The second drawback to client-side validation is related to consistency. In short, the rules applied through client-side validation are applied consistently only to the extent that you ensure that they are. For example, imagine that you have several different client applications that work with a particular database. It is your responsibility to ensure that all client applications apply the validation rules the same way. If you make a change in the rules of validation in one client application, you need to do so in all others that work with the same database; otherwise, the data posted by one application may be inconsistent with that posted by another application.
Triggers
Like client-side validation, triggers are modules that you write. Unlike client-side validation, however, you install triggers on your server, and configure the data dictionary to call them in response to a data action. For example, a trigger can be executed prior to a record being updated in your database.
From within a trigger, your code has access to all of the data associated with the data event. For example, if the trigger is being executed because a record is being updated in your database, your trigger code has access to both the original record and the updates that the client is attempting to post.
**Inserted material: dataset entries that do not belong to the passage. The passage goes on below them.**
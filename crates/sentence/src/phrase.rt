//! Reading statements.
ghost use Rattle.std.specs.Prelude.{◌≡◌, ◌+◌, ◌<◌, ◌≤◌, [], length, IfOk, IfErr};
ghost use Rattle.sentence.specs.declared.fault.SentenceFault.TheVariants.{Place};
ghost use Rattle.sentence.specs.Looks.{StandsAt};
ghost use Rattle.sentence.specs.Machine.{ready, let_seen, name_due, flag_seen, tilde_seen, operand, nothing, of_check, first, marked};
ghost use Rattle.sentence.specs.Parsing.{Halts};
ghost use Rattle.sentence.specs.Statements.{Stated, Binds, Marks, mark_of};

use super::fault::SentenceFault;
use super::parser::Parser;
use super::placed::Placed;
use super::role::*;
use super::sign::*;
use super::statement::*;

// Here and in the parser's `mark`, `claim` and `denial` the flag is a `bool`, as in the grammar's `of_check flag negated word`: a
// struct with the negation, or a mark whose label is to come, would be taken apart again in each clause.
/// The mark of a check with its label at a place.
fn labelled(flag: bool, at: usize) -> Mark<usize>
    ensures { mark_of result ≡ marked flag }
{
    if flag {
        Mark::Flagged(at)
    } else {
        Mark::Labelled(at)
    }
}

impl<'a> Parser<'a> {
    /// The place behind a sort of this role, which has to stand at a place.
    #[inline(always)]
    fn behind(self, place: usize, role: Role) -> Result<usize, SentenceFault>
        ensures stands { IfOk result (λ k. StandsAt self.entry.sorts.now place role × (k ≡ place + 1)) }
        ensures lacks { IfErr result (λ f. (¬ StandsAt self.entry.sorts.now place role) × (f ≡ Place place)) }
    {
        if self.stands(place, role) {
            Ok(place + 1)
        } else {
            Err(SentenceFault::Place(place))
        }
    }

    /// A binding: a name, `=` and an expression.
    fn binding(self, at: usize) -> Result<Placed<Binding>, SentenceFault>
        ensures { Binds self.entry.sorts.now at result }
    {
        let equals = self.behind(at, Role::Starts(Start::Leaf(Leaf::Name)))?;
        let start = self.behind(equals, Role::Speaks(Speech::Equals))?;
        let piece = self.ladder(start, 1)?;
        Ok(piece.map(|tree| Binding { name: at, tree }))
    }

    /// The bindings of a group, behind `let rec`.
    fn group(self, at: usize) -> Result<Placed<Statement>, SentenceFault>
        ensures { Stated (λ p. name_due p first) self.entry.sorts.now at result }
    {
        let head = self.binding(at)?;
        let mut more: Vec<Binding> = Vec::new(self.heap);
        let mut next = head.next;
        // Each binding says where the next one begins, and may refuse.
        while self.stands(next, Role::Speaks(Speech::Ands)) {
            let bound = self.binding(next + 1)?;
            more.push(bound.item)?;
            next = bound.next;
        }
        Ok(Placed {
            item: Statement::Group(head.item, more),
            next,
        })
    }

    /// What follows `let`.
    fn binds(self, at: usize) -> Result<Placed<Statement>, SentenceFault>
        ensures { Stated (λ p. let_seen p) self.entry.sorts.now at result }
    {
        if self.stands(at, Role::Speaks(Speech::Recs)) {
            return self.group(at + 1);
        }
        let bound = self.binding(at)?;
        Ok(bound.map(|binding| Statement::Let(binding)))
    }

    /// The mark of a check, behind its expression: its label, which a flag needs.
    fn mark(self, at: usize, flag: bool) -> Result<Placed<Mark<usize>>, SentenceFault>
        requires within { at ≤ length self.sorts.now }
        requires halts { Halts self.sorts.now 1 at }
        ensures { Marks self.entry.sorts.now at flag result }
    {
        if self.stands(at, Role::Speaks(Speech::Labels)) {
            let next = self.behind(at + 1, Role::Starts(Start::Leaf(Leaf::Name)))?;
            Ok(Placed {
                item: labelled(flag, at + 1),
                next,
            })
        } else if flag {
            Err(SentenceFault::Place(at))
        } else {
            Ok(Placed {
                item: Mark::Plain,
                next: at,
            })
        }
    }

    /// What follows the word of a check.
    fn claim(
        self,
        at: usize,
        flag: bool,
        negated: bool,
        word: Word,
    ) -> Result<Placed<Statement>, SentenceFault>
        ensures { Stated (λ p. operand p (of_check flag negated word) [] nothing) self.entry.sorts.now at result }
    {
        let piece = self.ladder(at, 1)?;
        let mark = self.mark(piece.next, flag)?;
        Ok(Placed {
            item: Statement::Check(Check {
                mark: mark.item,
                negated,
                word,
                tree: piece.item,
            }),
            next: mark.next,
        })
    }

    /// What follows the `~` of a check.
    fn denial(self, at: usize, flag: bool) -> Result<Placed<Statement>, SentenceFault>
        ensures { Stated (λ p. tilde_seen p flag) self.entry.sorts.now at result }
    {
        let word = self.word_at(at).ok_or(SentenceFault::Place(at))?;
        self.claim(at + 1, flag, true, word)
    }

    /// What follows `flag`.
    fn warning(self, at: usize) -> Result<Placed<Statement>, SentenceFault>
        ensures { Stated (λ p. flag_seen p) self.entry.sorts.now at result }
    {
        if self.stands(at, Role::Complements) {
            return self.denial(at + 1, true);
        }
        let word = self.word_at(at).ok_or(SentenceFault::Place(at))?;
        self.claim(at + 1, true, false, word)
    }

    /// A statement.
    pub(crate) fn statement(self, at: usize) -> Result<Placed<Statement>, SentenceFault>
        requires { at < length self.sorts.now }
        ensures { Stated (λ p. ready p) self.entry.sorts.now at result }
    {
        if self.stands(at, Role::Complements) {
            return self.denial(at + 1, false);
        }
        let speech = self.speech_at(at).ok_or(SentenceFault::Place(at))?;
        match speech {
            Speech::Lets => self.binds(at + 1),
            Speech::Flags => self.warning(at + 1),
            Speech::Words(word) => self.claim(at + 1, false, false, word),
            _ => Err(SentenceFault::Place(at)),
        }
    }
}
You can use the information passed to your trigger to perform almost any action you can imagine. In most cases, though, the purpose of the trigger is to validate the data. If the data is determined to be good, the record is accepted. On the other hand, if your code finds that the record is invalid, an error can be returned and the record can be rejected.
Triggers have many advantages over client-side code. While providing the same level of flexibility in how you validate the data, triggers reside on the server. There are several advantages to this. First, triggers can be modified without requiring any changes to individual client applications. There is no need to redeploy your client applications in response to updates to triggers. (Though an updated data dictionary, and the trigger code if it is a compiled trigger, do need to be redeployed.)
Second, since triggers are executed by Advantage, and not at the discretion of the client applications, triggers are always applied consistently.
Third, triggers are also run if someone updates the database via the Advantage Data Architect or some other application that the developer has no control over.
Triggers were added to ADS in version 7.0, and represent one of the most valuable features in the product. Triggers are discussed in detail in Chapter 8.